IsPrettyAwesome.com observes that the Mummy Girl's "real name is never revealed" and wrote similar sentiments:

She was an innocent girl chosen for an unpleasant fate, and now she is willing to sacrifice people in order to experience some of the joys she missed before. Her powers are classic Bathory – draining the life from other people to maintain her own youth! It's really just vampirism in a slightly different form... The show is savvy enough to complicate this metaphor, because the people who sacrificed the Inca Mummy Girl were indeed monstrously unfair, and submitting to her fate will indeed ruin her life. So the show cleverly has its cake and eats it too – it criticises that selfishness while also agreeing that teenagers can be right about stuff.

Here, the comparison is with Ampata and Xander, rather than with Ampata and Angel: "The climax brings Xander's and IMG's respective selfishnesses into collision.
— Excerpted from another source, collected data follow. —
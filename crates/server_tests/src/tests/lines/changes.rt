//! What is read of a file that was changed.

use super::files::{ENDS, LAST_WRITE, end_of, file, flip, whole_lines};
use crate::tests::claims::{claim, claim_at};
use crate::tests::parts::{behind, front};
use chained_lines::{NO_SEAL, Seal, later_write, put_line, sound_part};
use std::alloc::Global;
use std::process::Abort;

/// The file, by another program: Python's hashlib, with each seal over the seal before, the mark and the body.
const BY_ANOTHER_PROGRAM: &[u8] =
    b"64391b373d4b4969>one\n738a96e38e845f2c>two, longer\n86ea597a6c791190 \n9274954248bd7668>four\n";

/// Lines by their numbers: from 0 those of the file, from 4 those of another; how many of them count; and whether what stands behind these
/// is taken for damage. It is not where it might be a last write.
#[derive(Clone, Copy)]
struct Row {
    lines: &'static [usize],
    sound: usize,
    is_damage: bool,
}

/// Lines that are swapped, left out, doubled, and of another file.
fn rows() -> [Row; 12] {
    [
        read_as(&[0, 1, 2, 3], 4, false),
        read_as(&[4, 5, 6, 7], 4, false),
        read_as(&[1, 0, 2, 3], 0, true),
        read_as(&[0, 2, 1, 3], 1, true),
        read_as(&[1, 2, 3], 0, true),
        read_as(&[0, 2, 3], 1, true),
        read_as(&[0, 1, 3], 2, false),
        read_as(&[0, 0, 1], 1, true),
        read_as(&[0, 1, 2, 2, 3], 3, true),
        read_as(&[0, 1, 2, 3, 3], 4, false),
        read_as(&[0, 5, 6, 7], 1, true),
        read_as(&[0, 1, 2, 7], 3, false),
    ]
}

fn read_as(lines: &'static [usize], sound: usize, is_damage: bool) -> Row {
    Row {
        lines,
        sound,
        is_damage,
    }
}

/// Another file with lines as long as those of the file, and the same marks.
fn another(rt: &impl Abort, alloc: Global) -> Vec<u8> {
    let mut text = Vec::new(alloc);
    let mut seal: Seal = NO_SEAL;
    let bodies: [(bool, &[u8]); 4] = [
        (true, b"uno"),
        (true, b"dos, longer"),
        (false, b""),
        (true, b"five"),
    ];
    for (is_first, body) in bodies {
        seal = put_line(&mut text, &seal, is_first, body).expect(rt, "memory");
    }
    text
}

/// A line of a file by its number.
fn line(file: &[u8], number: usize) -> &[u8] {
    match ENDS.get(number) {
        Some(end) => behind(front(file, *end), end_of(number)),
        None => front(file, 0),
    }
}

/// These lines of a file and of another, one after another.
fn joined(rt: &impl Abort, alloc: Global, file: &[u8], another: &[u8], lines: &[usize]) -> Vec<u8> {
    let mut text = Vec::new(alloc);
    for number in lines {
        let part = if *number < 4 {
            line(file, *number)
        } else {
            line(another, *number - 4)
        };
        text.extend_from_slice(part).expect(rt, "memory");
    }
    text
}

/// How many lines count, and whether what stands behind them is taken for damage.
fn looked_at(text: &[u8]) -> (usize, bool) {
    let part = sound_part(text);
    (part.lines, later_write(behind(text, part.bytes)).is_some())
}

// The file is what another program makes of its lines.
#[test]
fn the_file_is_as_another_program_makes_it(rt: HostRuntime) {
    let is_same = file(rt.alloc()).as_slice() == BY_ANOTHER_PROGRAM;
    claim(&rt, is_same, "the file");
}

// Each byte that is changed ends what is read at its line. Unless it is in the last write, or the line feed before that, this is taken for
// damage.
#[test]
fn each_change_is_seen(rt: HostRuntime) {
    let alloc = rt.alloc();
    for at in 0..ENDS[3] {
        let mut other = file(alloc);
        flip(&mut other, at);
        let seen = looked_at(&other) == (whole_lines(at), at + 1 < LAST_WRITE);
        claim_at(&rt, seen, "a change at", at);
    }
}

// Lines that are swapped, left out, doubled, or of another file end what is read.
#[test]
fn each_line_has_its_place(rt: HostRuntime) {
    let alloc = rt.alloc();
    let file = file(alloc);
    let another = another(&rt, alloc);
    for (number, row) in rows().iter().enumerate() {
        let text = joined(&rt, alloc, &file, &another, row.lines);
        let is_so = looked_at(&text) == (row.sound, row.is_damage);
        claim_at(&rt, is_so, "row", number);
    }
}

/// Whether damage is found there: at this line, and at this byte.
fn is_found(text: &[u8], line: usize, byte: usize) -> bool {
    match later_write(text) {
        Some(found) => found.line == line && found.byte == byte,
        None => false,
    }
}

// Where damage is found: the line feeds and the bytes before the line with the mark.
#[test]
fn damage_has_a_place(rt: HostRuntime) {
    let mut text = file(rt.alloc());
    flip(&mut text, 3);
    claim(&rt, is_found(&text, 1, 21), "the line behind the first");
    flip(&mut text, 37);
    claim(&rt, is_found(&text, 3, LAST_WRITE), "the last line");
}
Xander is the one who demands the Inca Mummy Girl leave Willow alone – if she's going to murder anyone, it's got to be him. It's his turn to step up to his responsibilities, the same test that Buffy passed, and that Inca Mummy Girl failed."

An essay on Willow's costumes and dress in Buffy discusses the "themes of identity, costume, and duality" in "Inca Mummy Girl" and the later episode "Halloween". Oz notices her for the first two times when she is costumed - here, in "her adorable but slightly cultural appropriate-y "Inuit" costume," and at Halloween in "the full-body ghost costume and the 'generically sexy' costume. Both are very much performances in their own way."